### EXERCISE DIRECTIONS
Would you print out every entry exactly as given?

*** Opening of EXTRACTED MATERIAL ***

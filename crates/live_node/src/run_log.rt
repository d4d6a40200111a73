// What a live node has told so far.
ghost use Rattle.std.specs.Prelude.{◌≡◌, ℕ, None, is_some};
ghost use Rattle.live_node.specs.Progress.{due_call, counted};
ghost use Rattle.live_node.specs.Stations.{verdict};

use crate::nodes::Due;
use field_layout::Label;
use mav_names::Name;
use run_status::{LiveEnd, RunEnd};
use std::alloc::Global;

/// How the operation of a station has ended.
#[derive(Drop)]
pub enum Ending {
    /// It is done, and gave these bytes: those of a file, or the entries of a list of files; none for another
    /// operation.
    Done(Label),
    /// The drone refused it, with this code or result.
    Refused(u8),
    /// The drone didn't answer at five ticks in a row.
    Unanswered,
}

/// The name of a node, how many frames it has sent and how many ticks have passed (the counts stand still at 2^64 -
/// 1), and how its operation has ended, if it has.
#[derive(Drop)]
pub struct RunLog {
    pub(crate) alloc: Global,
    pub(crate) name: Name,
    pub(crate) sent: usize,
    pub(crate) ending: Option<Ending>,
    pub(crate) ticks: u64,
}

impl RunLog {
    /// It has told nothing.
    pub(crate) fn new(alloc: Global, name: Name) -> RunLog
        ensures name { result.name ≡ name }
        ensures sent { result.sent ≡ 0 }
        ensures ending { result.ending ≡ None }
        ensures ticks { result.ticks ≡ 0 }
    {
        RunLog {
            alloc,
            name,
            sent: 0,
            ending: None,
            ticks: 0,
        }
    }

    /// Counts a call, if it is a tick.
    pub(crate) fn count(&mut self, due: Due)
        ensures { (at : ℕ) → self.new ≡ counted (due_call due at) self.old }
    {
        match due {
            Due::Tick => self.ticks = self.ticks.saturating_add(1),
            Due::Heartbeat | Due::Sim => {}
        }
    }

    /// Whether a run ends now that waits for so many ticks.
    pub(crate) fn is_over(&self, most: u64) -> bool
        ensures { result ≡ is_some (verdict most self.now.ticks self.now.ending) }
    {
        match &self.ending {
            Some(_) => true,
            None => self.ticks >= most,
        }
    }

    /// How it ends, if it does, with the bytes that its operation gave, moved out.
    pub(crate) fn verdict(&mut self, most: u64) -> Option<Result<Label, RunEnd>>
        ensures { result ≡ verdict most self.old.ticks self.old.ending }
    {
        match self.ending.take() {
            Some(Ending::Done(bytes)) => Some(Ok(bytes)),
            Some(Ending::Refused(code)) => Some(Err(RunEnd::Live(LiveEnd::RefusedWith(code)))),
            Some(Ending::Unanswered) => Some(Err(RunEnd::Live(LiveEnd::NoAnswer(5)))),
            None if self.ticks < most => None,
            None => Some(Err(RunEnd::Live(LiveEnd::NoAnswer(most)))),
        }
    }
}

*** Close of EXTRACTED MATERIAL ***

### WRITTEN REPLY
filename crates/live_node/src/run_log.rt
repository d4d6a40200111a73
// What a live node has told so far.
ghost use Rattle.std.specs.Prelude.{◌≡◌, ℕ, None, is_some};
ghost use Rattle.live_node.specs.Progress.{due_call, counted};
ghost use Rattle.live_node.specs.Stations.{verdict};

use crate::nodes::Due;
use field_layout::Label;
use mav_names::Name;
use run_status::{LiveEnd, RunEnd};
use std::alloc::Global;

/// How the operation of a station has ended.
#[derive(Drop)]
pub enum Ending {
    /// It is done, and gave these bytes: those of a file, or the entries of a list of files; none for another
    /// operation.
    Done(Label),
    /// The drone refused it, with this code or result.
    Refused(u8),
    /// The drone didn't answer at five ticks in a row.
    Unanswered,
}

/// The name of a node, how many frames it has sent and how many ticks have passed (the counts stand still at 2^64 -
/// 1), and how its operation has ended, if it has.
#[derive(Drop)]
pub struct RunLog {
    pub(crate) alloc: Global,
    pub(crate) name: Name,
    pub(crate) sent: usize,
    pub(crate) ending: Option<Ending>,
    pub(crate) ticks: u64,
}

impl RunLog {
    /// It has told nothing.
    pub(crate) fn new(alloc: Global, name: Name) -> RunLog
        ensures name { result.name ≡ name }
        ensures sent { result.sent ≡ 0 }
        ensures ending { result.ending ≡ None }
        ensures ticks { result.ticks ≡ 0 }
    {
        RunLog {
            alloc,
            name,
            sent: 0,
            ending: None,
            ticks: 0,
        }
    }

    /// Counts a call, if it is a tick.
    pub(crate) fn count(&mut self, due: Due)
        ensures { (at : ℕ) → self.new ≡ counted (due_call due at) self.old }
    {
        match due {
            Due::Tick => self.ticks = self.ticks.saturating_add(1),
            Due::Heartbeat | Due::Sim => {}
        }
    }

    /// Whether a run ends now that waits for so many ticks.
    pub(crate) fn is_over(&self, most: u64) -> bool
        ensures { result ≡ is_some (verdict most self.now.ticks self.now.ending) }
    {
        match &self.ending {
            Some(_) => true,
            None => self.ticks >= most,
        }
    }

    /// How it ends, if it does, with the bytes that its operation gave, moved out.
    pub(crate) fn verdict(&mut self, most: u64) -> Option<Result<Label, RunEnd>>
        ensures { result ≡ verdict most self.old.ticks self.old.ending }
    {
        match self.ending.take() {
            Some(Ending::Done(bytes)) => Some(Ok(bytes)),
            Some(Ending::Refused(code)) => Some(Err(RunEnd::Live(LiveEnd::RefusedWith(code)))),
            Some(Ending::Unanswered) => Some(Err(RunEnd::Live(LiveEnd::NoAnswer(5)))),
            None if self.ticks < most => None,
            None => Some(Err(RunEnd::Live(LiveEnd::NoAnswer(most)))),
        }
    }
}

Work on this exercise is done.